═════ Supplied data ═════

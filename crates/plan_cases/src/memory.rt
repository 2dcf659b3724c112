// Memory that a plan is lent.
use super::text::places_text;
use cost::{Link, Sum};
use listing::CostWord;
use plan::Plan;
use std::alloc::{AllocError, Global};

// What fills the memory before a plan is commissioned in it.
const OLD: u16 = 9;

// How many places a list has, and how many cells two tables have.
#[derive(Clone, Copy)]
pub struct Sizes {
    pub places: usize,
    pub costs: usize,
    pub predecessors: usize,
}

// A list of links, and two tables.
#[derive(Drop)]
pub struct Memory {
    list: Vec<Link<Sum>>,
    costs: Vec<Sum>,
    predecessors: Vec<u16>,
}

impl Memory {
    // Memory of just so many places and cells.
    pub fn new(alloc: Global, sizes: Sizes) -> Result<Memory, AllocError> {
        let cost = Sum {
            picoseconds: OLD as u64,
        };
        let link = Link {
            from: OLD,
            to: OLD,
            cost,
        };
        Ok(Memory {
            list: vec![in alloc; link; sizes.places]?,
            costs: vec![in alloc; cost; sizes.costs]?,
            predecessors: vec![in alloc; OLD; sizes.predecessors]?,
        })
    }

    // A new plan in this memory.
    pub fn lend(&mut self) -> Plan<'_, Sum> {
        Plan::new(&mut self.list, &mut self.costs, &mut self.predecessors)
    }

    // What the list and both tables hold.
    pub fn text(&self, alloc: Global) -> Result<String, AllocError> {
        let links: Vec<String> = self
            .list
            .iter()
            .map(|link| link.to_string(alloc))
            .try_collect(alloc)?;
        let links = links.join(alloc, ", ")?;
        let costs: Vec<String> = self
            .costs
            .iter()
            .map(|cost| CostWord(*cost).to_string(alloc))
            .try_collect(alloc)?;
        let costs = costs.join(alloc, " ")?;
        let predecessors = places_text(alloc, &self.predecessors)?;
        format!(in alloc; "[{links}] [{costs}] [{predecessors}]")
    }
}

═════

• [Task prompt]
Your task is to return each line of the data above that contains the string "costs".

• [Answer space]
    pub costs: usize,
    costs: Vec<Sum>,
            costs: vec![in alloc; cost; sizes.costs]?,
        Plan::new(&mut self.list, &mut self.costs, &mut self.predecessors)
        let costs: Vec<String> = self
            .costs
        let costs = costs.join(alloc, " ")?;
        format!(in alloc; "[{links}] [{costs}] [{predecessors}]")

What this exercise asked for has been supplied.